((
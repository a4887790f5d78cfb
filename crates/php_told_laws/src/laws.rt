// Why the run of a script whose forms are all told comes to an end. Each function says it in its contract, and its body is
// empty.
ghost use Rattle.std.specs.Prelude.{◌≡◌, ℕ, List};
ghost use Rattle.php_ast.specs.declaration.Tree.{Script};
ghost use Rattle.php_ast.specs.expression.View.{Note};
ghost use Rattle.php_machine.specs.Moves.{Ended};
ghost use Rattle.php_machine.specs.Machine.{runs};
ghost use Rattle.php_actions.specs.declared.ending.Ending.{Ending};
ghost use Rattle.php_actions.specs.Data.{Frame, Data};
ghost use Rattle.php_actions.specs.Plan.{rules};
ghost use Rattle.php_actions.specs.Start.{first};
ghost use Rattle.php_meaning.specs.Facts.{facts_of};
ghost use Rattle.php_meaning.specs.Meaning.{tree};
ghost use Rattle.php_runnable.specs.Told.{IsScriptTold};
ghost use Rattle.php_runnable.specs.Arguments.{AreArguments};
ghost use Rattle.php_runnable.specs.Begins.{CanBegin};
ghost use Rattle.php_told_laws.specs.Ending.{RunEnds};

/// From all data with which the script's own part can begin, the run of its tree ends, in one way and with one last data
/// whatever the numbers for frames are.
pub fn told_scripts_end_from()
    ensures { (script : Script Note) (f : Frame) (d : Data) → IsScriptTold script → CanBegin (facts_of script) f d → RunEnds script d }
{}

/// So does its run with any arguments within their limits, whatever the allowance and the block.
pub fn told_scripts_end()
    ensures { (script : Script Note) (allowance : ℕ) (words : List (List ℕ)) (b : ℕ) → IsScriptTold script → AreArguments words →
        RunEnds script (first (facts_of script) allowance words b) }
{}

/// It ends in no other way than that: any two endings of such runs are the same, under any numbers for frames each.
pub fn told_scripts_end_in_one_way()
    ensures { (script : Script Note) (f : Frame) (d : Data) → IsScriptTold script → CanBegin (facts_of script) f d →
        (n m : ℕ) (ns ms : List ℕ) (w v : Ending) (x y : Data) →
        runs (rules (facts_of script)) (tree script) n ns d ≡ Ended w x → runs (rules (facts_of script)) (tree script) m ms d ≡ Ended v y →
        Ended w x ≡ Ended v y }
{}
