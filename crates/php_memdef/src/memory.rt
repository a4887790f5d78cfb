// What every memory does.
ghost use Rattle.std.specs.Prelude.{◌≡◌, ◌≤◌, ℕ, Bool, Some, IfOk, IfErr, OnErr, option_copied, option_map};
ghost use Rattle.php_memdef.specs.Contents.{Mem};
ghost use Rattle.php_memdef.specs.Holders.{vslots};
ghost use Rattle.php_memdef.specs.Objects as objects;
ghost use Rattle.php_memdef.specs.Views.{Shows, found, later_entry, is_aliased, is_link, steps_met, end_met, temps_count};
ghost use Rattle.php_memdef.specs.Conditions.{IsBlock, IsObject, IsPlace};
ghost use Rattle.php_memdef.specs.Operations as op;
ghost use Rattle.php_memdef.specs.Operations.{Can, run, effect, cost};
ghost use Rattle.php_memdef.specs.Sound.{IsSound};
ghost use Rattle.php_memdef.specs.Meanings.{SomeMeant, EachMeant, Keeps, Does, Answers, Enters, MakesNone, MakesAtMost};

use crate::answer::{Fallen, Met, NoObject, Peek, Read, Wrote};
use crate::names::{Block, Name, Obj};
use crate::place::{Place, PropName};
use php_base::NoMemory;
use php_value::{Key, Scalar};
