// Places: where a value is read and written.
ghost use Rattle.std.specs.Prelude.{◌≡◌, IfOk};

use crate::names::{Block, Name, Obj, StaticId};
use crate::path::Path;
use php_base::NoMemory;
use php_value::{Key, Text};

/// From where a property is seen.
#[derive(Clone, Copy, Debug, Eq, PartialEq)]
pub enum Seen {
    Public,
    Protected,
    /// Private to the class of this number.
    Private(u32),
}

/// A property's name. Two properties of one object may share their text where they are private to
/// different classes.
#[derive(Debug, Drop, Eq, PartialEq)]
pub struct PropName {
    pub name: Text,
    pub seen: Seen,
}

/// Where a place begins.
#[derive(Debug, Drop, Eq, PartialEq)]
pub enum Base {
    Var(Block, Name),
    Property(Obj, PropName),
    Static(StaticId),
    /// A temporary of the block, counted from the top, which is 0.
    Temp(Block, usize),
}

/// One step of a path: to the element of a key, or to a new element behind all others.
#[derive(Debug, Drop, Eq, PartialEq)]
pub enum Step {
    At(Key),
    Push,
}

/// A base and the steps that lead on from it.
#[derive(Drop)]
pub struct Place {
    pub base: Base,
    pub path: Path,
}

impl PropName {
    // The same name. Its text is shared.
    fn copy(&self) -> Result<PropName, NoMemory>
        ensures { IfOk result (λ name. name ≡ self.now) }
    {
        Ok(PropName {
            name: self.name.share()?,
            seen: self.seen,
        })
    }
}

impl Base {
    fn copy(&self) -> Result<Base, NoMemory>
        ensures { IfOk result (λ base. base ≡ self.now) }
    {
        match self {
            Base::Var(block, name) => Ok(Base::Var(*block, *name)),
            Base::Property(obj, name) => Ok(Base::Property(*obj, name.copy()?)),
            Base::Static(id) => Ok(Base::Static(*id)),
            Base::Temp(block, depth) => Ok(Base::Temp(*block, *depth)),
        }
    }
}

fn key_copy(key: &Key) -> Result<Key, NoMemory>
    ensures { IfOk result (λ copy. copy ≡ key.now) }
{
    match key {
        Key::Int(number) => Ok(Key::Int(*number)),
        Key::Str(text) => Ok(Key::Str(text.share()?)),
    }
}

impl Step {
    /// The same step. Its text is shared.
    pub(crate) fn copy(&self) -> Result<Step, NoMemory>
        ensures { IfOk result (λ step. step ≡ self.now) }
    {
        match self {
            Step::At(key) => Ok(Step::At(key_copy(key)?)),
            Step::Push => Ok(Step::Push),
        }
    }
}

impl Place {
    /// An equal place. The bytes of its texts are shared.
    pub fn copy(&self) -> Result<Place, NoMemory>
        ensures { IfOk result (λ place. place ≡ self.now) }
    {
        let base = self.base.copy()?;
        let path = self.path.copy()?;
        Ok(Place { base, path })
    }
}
))
((
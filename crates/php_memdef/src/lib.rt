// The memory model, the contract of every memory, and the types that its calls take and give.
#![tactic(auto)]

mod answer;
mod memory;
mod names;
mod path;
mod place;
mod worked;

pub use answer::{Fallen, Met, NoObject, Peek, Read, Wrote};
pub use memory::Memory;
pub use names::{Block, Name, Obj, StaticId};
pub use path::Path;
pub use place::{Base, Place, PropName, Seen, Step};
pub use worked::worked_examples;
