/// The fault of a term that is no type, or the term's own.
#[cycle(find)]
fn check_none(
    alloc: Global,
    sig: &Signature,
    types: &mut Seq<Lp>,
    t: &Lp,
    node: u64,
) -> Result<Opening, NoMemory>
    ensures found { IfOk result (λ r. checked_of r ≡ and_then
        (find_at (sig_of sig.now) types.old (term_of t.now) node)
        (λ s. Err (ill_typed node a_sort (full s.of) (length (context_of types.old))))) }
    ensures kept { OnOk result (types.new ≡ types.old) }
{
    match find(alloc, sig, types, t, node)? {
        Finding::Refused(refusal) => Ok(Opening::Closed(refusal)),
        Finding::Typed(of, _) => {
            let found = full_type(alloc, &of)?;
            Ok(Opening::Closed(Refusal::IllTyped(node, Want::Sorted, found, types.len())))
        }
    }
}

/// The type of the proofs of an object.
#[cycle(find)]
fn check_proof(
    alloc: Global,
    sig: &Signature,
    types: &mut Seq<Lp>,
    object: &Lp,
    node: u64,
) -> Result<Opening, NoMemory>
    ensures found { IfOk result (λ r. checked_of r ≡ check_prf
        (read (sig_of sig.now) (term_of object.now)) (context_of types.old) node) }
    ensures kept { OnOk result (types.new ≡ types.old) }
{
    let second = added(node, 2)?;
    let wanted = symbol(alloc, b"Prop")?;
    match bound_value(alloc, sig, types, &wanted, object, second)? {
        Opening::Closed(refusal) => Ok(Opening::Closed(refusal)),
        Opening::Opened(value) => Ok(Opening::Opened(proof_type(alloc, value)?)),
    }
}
))
> **WHAT THIS TASK INVOLVES**
Report each line of the entries where the word "crates" occurs.

> **YOUR RESPONSE**
filename crates/php_told_laws/src/laws.rt
filename crates/php_memdef/src/memory.rt
filename crates/php_memdef/src/lib.rt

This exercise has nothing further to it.